Wednesday, May 04, 2005

If the ethics of perfidy don’t work, why is Chalabi in office?


The WaPo characterizes these comments by Iraqi PM Jafari, addressed to Sunni insurgents as “conciliatory”: “Come back to our people with atonement and apology... The dialogue of words will take you to what the language of bullets and the ethics of perfidy failed to do.” A great big sloppy kiss, that is, straight out of the John Bolton school of diplomacy. I can’t find the whole speech, so I have only the word of the Post and a few other papers that it was specifically Sunni insurgents he meant, as opposed to the Sunni politicians who refused to join his administration, so that a Cabinet was sworn in today missing 7 members. There was a deadline of early May (the 7th?) after which, if no cabinet had been formed, a new prime minister would need to be chosen. Hard to see how a cabinet without proper ministers of defense, oil, etc counts.

A measure setting stricter standards for driver’s licenses went through the House, attached by James Sensenbrenner to a measure to fund the military in Iraq.

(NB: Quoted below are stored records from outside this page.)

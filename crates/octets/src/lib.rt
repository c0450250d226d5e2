#![tactic(auto, unfolding(crate::specs::Be::be))]
// Big-endian numbers in octets, read at any place of a slice.
//
// Reading never fails: an octet past the end of the slice counts as 0, and the contracts say so. Where the caller
// has shown that the octets are there, `held` reads them without looking at the length again.
// Signed numbers are two's complement.
ghost use Rattle.std.specs.Prelude.{◌≡◌, ◌+◌, ◌≤◌, get_or};
ghost use Rattle.std.specs.Int.{w8, w16, w64};
ghost use Rattle.std.proofs.Common.{to_z, of_z};
ghost use Rattle.octets.specs.Be.{be};

pub mod held;

// The octet i places behind `at`. The place is added up only where it is in s: elsewhere it may be no usize.
fn octet_behind(s: &[u8], at: usize, i: usize) -> u8
    ensures { result ≡ get_or s.now (at + i) 0 }
{
    if at < s.len() && i < s.len() - at {
        s[at + i]
    } else {
        0
    }
}

// The number in the n octets at `at`.
fn number(s: &[u8], at: usize, n: usize) -> u64
    requires { n ≤ 8 }
    ensures { result ≡ be n s.now at }
{
    let mut v = 0;
    for i in 0..n {
        v = v * 256 + u64::from(octet_behind(s, at, i));
    }
    v
}

pub fn octet_at(s: &[u8], at: usize) -> u8
    ensures { result ≡ get_or s.now at 0 }
{
    s.get(at).copied().unwrap_or(0)
}

pub fn u16_at(s: &[u8], at: usize) -> u16
    ensures { result ≡ be 2 s.now at }
{
    number(s, at, 2) as u16
}

pub fn u32_at(s: &[u8], at: usize) -> u32
    ensures { result ≡ be 4 s.now at }
{
    number(s, at, 4) as u32
}

pub fn u48_at(s: &[u8], at: usize) -> u64
    ensures { result ≡ be 6 s.now at }
{
    number(s, at, 6)
}

pub fn u64_at(s: &[u8], at: usize) -> u64
    ensures { result ≡ be 8 s.now at }
{
    number(s, at, 8)
}

// The number whose two's complement is v.
pub fn signed8(v: u8) -> i8
    ensures { result ≡ to_z w8 v }
{
    u8::cast_signed(v)
}

pub fn signed16(v: u16) -> i16
    ensures { result ≡ to_z w16 v }
{
    u16::cast_signed(v)
}

pub fn signed64(v: u64) -> i64
    ensures { result ≡ to_z w64 v }
{
    u64::cast_signed(v)
}

// The two's complement of x.
pub fn bits8(x: i8) -> u8
    ensures { result ≡ of_z w8 x }
{
    i8::cast_unsigned(x)
}

pub fn bits64(x: i64) -> u64
    ensures { result ≡ of_z w64 x }
{
    i64::cast_unsigned(x)
}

No one has attacked him for this tactic, designed to circumvent a proper debate, because this sort of blackmail goes on in the legislative branch all the time. “Nice little supplemental appropriations bill ya got here, shame if something wuz to happen to it.” Without extortion, nothing would get done in Congress. Just wanted to point out, in the midst of all the recent talk about filibusters, that the normal processes of law-making would make Tony Soprano turn away in disgust.

Oh, and Sensenbrenner also snuck through a provision removing the right of habeas corpus for non-citizens.